Hence when the design is complete it will return to origin and go to needle 3 and stop. You then change the garment and press the start key again for 2nd round.

Hope this makes sense.


----------



## embroiderycrd (Apr 14, 2011)

We have the same year machines, I read in the design, push the color button, it says F=(JP), push the C+ (color up button) about 9 times, it goes through several letters until it gets to the actual colors and set the needle you want it to start on. Saves a lot of time taking out the wrong color thread when people forget to change the needle at the start - hope this works for you as well!


----------



## MarilynB (Jul 14, 2012)

I have a 2006 Barudan that I bought used, and this is confusing to me, as well. So, what you all are saying is that the second color change is actually the FIRST color, correct? I stitched out my first design on this machine yesterday and everything was one color behind, if that makes sense. 
How would you change this in the digitizing? I do digitize, so the solution would be to create a "first color" that's essentially nothing more than a placeholder, so to speak...? To me, without this added step in the digitizing, this is going to be confusing when you begin to get several colors deep. For example, color number six is really color number seven, and we're programming that to be red, so needle number five....see what I mean?
Also, I do a lot of applique. I have placement stitches, tack down stitches, and stops, so that I can position the fabric, and then final fills and satin stitches to consider. Is there an easier way to do this?
Also, do any of you know how to use the applique offset feature? When I select it, my machine does not stop and move the frame out to allow me to position the applique fabric. It just trims threads and then continues on to the next color. If any of you know how to employ this feature, I'd be so grateful if you'd share that info with me. I don't think I can get Barudan tech support since I purchased the machine used, or I would have called them to ask. 
Thanks in advance for any help or input, I really appreciate it!

Marilyn


----------



## richt74 (Feb 11, 2011)

We also use barudan machines and i do all the digitising.
When i digitise designs, instead of using needle changes i place a stop code in the design which is just about the same. I can then program which colour i need at that time on the machine. And yes, the first colour change on the list will be the second colour on the design and the last colour change on the machine list would be back to the starting first colour. 

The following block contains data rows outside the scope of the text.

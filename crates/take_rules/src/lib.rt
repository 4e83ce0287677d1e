// Inner to `take`: the rules by which one record is judged, each behind one definition.
#![tactic(auto)]

ghost use Rattle.std.specs.Prelude.{◌≡◌, true, ◌+◌, ◌≤◌, ◌^◌, nat_abs};
ghost use Rattle.num_limits.specs.Capacities.{sigma_most, weight_top, last_day, day_after_last};
ghost use Rattle.days_leap.specs.Leap.{last_ms};
ghost use Rattle.take_rules.specs.Rules.{sigma_ok, weight_of, clock_ok, time_of, in_window, passes_edit};

use num_limits::{LAST_DAY, SIGMA_MOST, WEIGHT_TOP};

// The milliseconds of a day without a leap second; no start gains more than this by those before it.
const COMMON_LENGTH: u64 = 86400000;

const GAIN_MOST: u64 = 27000;

#[tactic(auto, unfolding(crate::specs::Rules::sigma_ok))]
pub fn sigma_ok(s: u16) -> bool
    ensures { result ≡ sigma_ok s }
{
    num_whole::within(1, s as u64, SIGMA_MOST)
}

pub fn weight(s: u16) -> u64
    requires { (1 ≤ s) × (s ≤ sigma_most) }
    ensures { (result ≡ weight_of s) × (result ≤ weight_top) }
{
    let n = s as u64;
    let square = n * n;
    let down = WEIGHT_TOP / square;
    if square < 2 * (WEIGHT_TOP % square) {
        down + 1
    } else {
        down
    }
}

#[tactic(auto, using(num_whole::proofs::Cases::between_true), unfolding(crate::specs::Rules::clock_ok, num_whole::specs::Tests::both))]
pub fn clock_ok(day: u32, ms: u32) -> bool
    ensures { result ≡ clock_ok day ms }
{
    num_whole::within(1, u64::from(day), LAST_DAY) && days_leap::in_day(day, ms)
}

pub fn time(day: u32, ms: u32, correction: i32) -> i64
    requires { (day ≤ last_day) × (ms ≤ last_ms day) }
    ensures { result ≡ time_of day ms correction }
{
    let clock = days_leap::start(day) + ms as u64;
    clock as i64 + correction as i64
}

// Whether a time lies in the window whatever leap seconds there are before it: for most records no end of the window is looked up.
fn well_inside(first: u32, days: u16, t: i64) -> bool
    requires { (first ≤ day_after_last) × (first + days ≤ day_after_last) }
    ensures { result ≡ true → in_window first days t ≡ true }
{
    let from = first as u64 * COMMON_LENGTH + GAIN_MOST;
    let until = (first as u64 + days as u64) * COMMON_LENGTH;
    from as i64 <= t && t < until as i64
}

// Whether a time lies in the window, by its two ends.
fn between_ends(first: u32, days: u16, t: i64) -> bool
    requires { (first ≤ day_after_last) × (first + days ≤ day_after_last) }
    ensures { result ≡ in_window first days t }
{
    let from = days_leap::start(first);
    let end = days_leap::start(first + days as u32);
    from as i64 <= t && t < end as i64
}

pub fn in_window(first: u32, days: u16, t: i64) -> bool
    requires { (first ≤ day_after_last) × (first + days ≤ day_after_last) }
    ensures { result ≡ in_window first days t }
{
    well_inside(first, days, t) || between_ends(first, days, t)
}

pub fn passes_edit(level: u16, s: u16, step: u64, r: i64) -> bool
    requires { (step ≤ 256) × (nat_abs r ≤ 2 ^ 41) }
    ensures { result ≡ passes_edit level s step r }
{
    10 * num_signs::magnitude(r) <= level as u64 * s as u64 * step
}
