//! The loader, which publishes the view of its core.
ghost use Rattle.std.specs.Prelude.{◌≡◌, [], drop, IfOk, MatchResult, OnOk};
ghost use Rattle.std.specs.Arc.{arc_value};
ghost use Rattle.std.specs.Borrow.{Lends, sem};
ghost use Rattle.tablet_view.specs.Extending.{Extends};
ghost use Rattle.tablet_core.specs.Status.{IsStatusOf};
ghost use Rattle.tablet_core.specs.contracts.core_state.Core.{the_row as core_row};
ghost use Rattle.live_tablet.specs.States.{IsNew};
ghost use Rattle.live_tablet.specs.contracts.loader.Loader.{the_row};

use crate::published::{PlaceFactory, ViewWriter};
use crate::reader::{LiveReader, Note};
use crate::seats::{push, show_again, told};
use cell_key::NoMemory;
use core::mem::replace_with;
use std::alloc::Global;
use std::marker::Model;
use std::sync::{Arc, Wait};
use tablet_core::{Core, StoreStatus};
use tablet_io::{Gate, Place};
use tablet_view::View;

/// Loads a tablet, and publishes its view. Contracts see its tablet, its core, the number of its last job, and the view that it
/// published last.
pub struct Loader {
    pub(crate) load: tablet_loader::Loader,
    writer: ViewWriter,
    home: PlaceFactory,
    /// How many publishes were let through a gate.
    publishes: u64,
}

impl Model for Loader {
    ghost use Rattle.std.specs.Prelude.{◌≡◌, Some};
    ghost use Rattle.std.specs.Arc.{arc_value};
    ghost use Rattle.left_right.specs.Sides as sides;
    ghost use Rattle.live_tablet.specs.States.{LoaderState};

    ghost Value = { LoaderState };

    ghost view = { λ l. record {
      tablet = (arc_value l.home.board).shared.table_id;
      core = l.load.core;
      job = l.load.job;
      published = arc_value l.writer.desk.shown.value.view;
    } };

    ghost invariant = { λ l. sides.view l.writer.desk.place ≡ Some (arc_value l.writer.desk.shown.value.view) };
}

impl Loader {
    /// A loader of this tablet, whose view the writer shows. It takes memory, and may wait for readers.
    pub(crate) fn started<R: Wait>(
        rt: &R,
        load: tablet_loader::Loader,
        writer: ViewWriter,
    ) -> Result<Loader, NoMemory>
        requires pending { drop writer.behind writer.log.items ≡ [] }
        requires shown { arc_value writer.desk.shown.value.view ≡ load.core.view }
        ensures { IfOk result (λ loader. (loader.core ≡ load.core) × (loader.job ≡ load.job) × (loader.published ≡ load.core.view)) }
    {
        let Ok(home) = writer.factory().another() else {
            writer.take(rt);
            return Err(NoMemory);
        };
        let (writer, shown) = show_again(rt, writer);
        if shown.is_err() {
            writer.take(rt);
            return Err(NoMemory);
        }
        Ok(Loader {
            load,
            writer,
            home,
            publishes: 0,
        })
    }

    /// A reader that has seen the view last published, and no other. It takes memory.
    pub(crate) fn reader(&mut self, alloc: Global) -> Result<LiveReader, NoMemory>
        ensures reader { IfOk result (IsNew self.old.tablet self.old.published) }
        ensures kept { self.new ≡ self.old }
    {
        let note = self.tell(alloc)?;
        Ok(LiveReader::of(note))
    }

    /// The loader's own core. It takes no memory.
    pub fn core(&mut self) -> &mut Core
        ensures* lends { sem 𝓛 (Lends the_row core_row self.entry result (λ core. record self.entry.now { core = core })) }
        ensures value { result.now ≡ self.old.core }
    {
        &mut self.load.core
    }

    /// The core's present view. It takes no memory.
    pub fn view(&self) -> &Arc<View>
        ensures { arc_value result.now ≡ self.now.core.view }
    {
        self.load.core.view()
    }

    /// What the core has now. It takes memory.
    pub fn status(&self, alloc: Global) -> Result<StoreStatus, NoMemory>
        ensures { IfOk result (λ status. IsStatusOf self.now.core status) }
    {
        self.load.core.status(alloc)
    }

    /// Publishes the core's present view, in one step. It may wait for readers. It takes memory; without it what is published
    /// stays as it was.
    pub fn publish<R: Wait>(&mut self, rt: &R, _alloc: Global) -> Result<(), NoMemory>
        requires { Extends self.old.core.view self.old.published }
        ensures published { MatchResult result (λ _. self.new.published ≡ self.old.core.view) (λ _. self.new.published ≡ self.old.published) }
        ensures kept { (self.new.tablet ≡ self.old.tablet) × (self.new.core ≡ self.old.core) × (self.new.job ≡ self.old.job) }
    {
        let next = Arc::try_clone(self.load.core.view())?;
        Ok(replace_with(&mut self.writer, next, |writer, next| {
            push(rt, writer, next)
        })?)
    }

    /// Passes the gate, and publishes the core's present view, as [`publish`](Loader::publish) does.
    pub(crate) fn publish_through<R: Wait, G: Gate>(
        &mut self,
        rt: &R,
        alloc: Global,
        gate: &G,
    ) -> Result<(), NoMemory>
        requires { Extends self.old.core.view self.old.published }
        ensures published { OnOk result (self.new.published ≡ self.old.core.view) }
        ensures kept { (self.new.tablet ≡ self.old.tablet) × (self.new.core ≡ self.old.core) × (self.new.job ≡ self.old.job) }
    {
        self.publishes = self.publishes.saturating_add(1);
        gate.at(Place::Publish(self.publishes));
        self.publish(rt, alloc)
    }

    /// A note that stands for the view last published. It takes memory.
    pub fn tell(&mut self, _alloc: Global) -> Result<Note, NoMemory>
        ensures note { IfOk result (λ note. (note.tablet ≡ self.old.tablet) × (note.shown ≡ self.old.published)) }
        ensures kept { self.new ≡ self.old }
    {
        let shown = Arc::try_clone(&self.writer.published().view)?;
        let from = self.home.another()?;
        let seat = told(&mut self.writer);
        Ok(Note { seat, shown, from })
    }

    /// Uses the loader up; what its readers keep stays. It may wait for readers, and takes no memory.
    pub fn close<R: Wait>(self, rt: &R) {
        let Loader {
            load: _,
            writer,
            home: _,
            publishes: _,
        } = self;
        writer.take(rt);
    }
}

Ive had to read that about 5 times to make sure/if it made sense!

Rich


----------



## MarilynB (Jul 14, 2012)

Thanks Rich, that's good info. I digitize in Arista, which is more like the "home version" of Wilcom. I don't have the option of putting in a stop code. I do think that I can add stop codes in Embird. Do you know? If not, what program do you use to add stop codes? 
It really seems like there ought to be an easier way, LOL This is confusing when you add placement stitches, tack down stitches, etc for doing applique into the mix. Someone had told me that if I program two of the same colors back to back, then the machine would stop. It doesn't. It trims threads and keeps right on going. :-/

Thanks again!

Marilyn


----------



## richt74 (Feb 11, 2011)

Marilyn

I use Compucon TES3 Professional software so i'm not too sure on any other software as its the only one i have used.
If you ever need maybe a design tweaked or added stops just let me know! Pm me if you would like my email.

Thanks

Rich


----------



## MarilynB (Jul 14, 2012)

Thanks very much, Rich, I appreciate that. I'll try it with Embird and see if I can add the stop codes with that. 

Also, do any of you know how to set up the machine for doing applique? I'm having trouble with getting the machine to stop so that I can add the fabric. I've gotten everything I can from the manual, goodled "Applique Barudan" looked on You Tube, etc. and I'm not finding anything on the subject. On the machine, I can navigate to the applique feature under the manual settings, but there's no instruction for how to program it once you get there. 

Thanks!

Marilyn


----------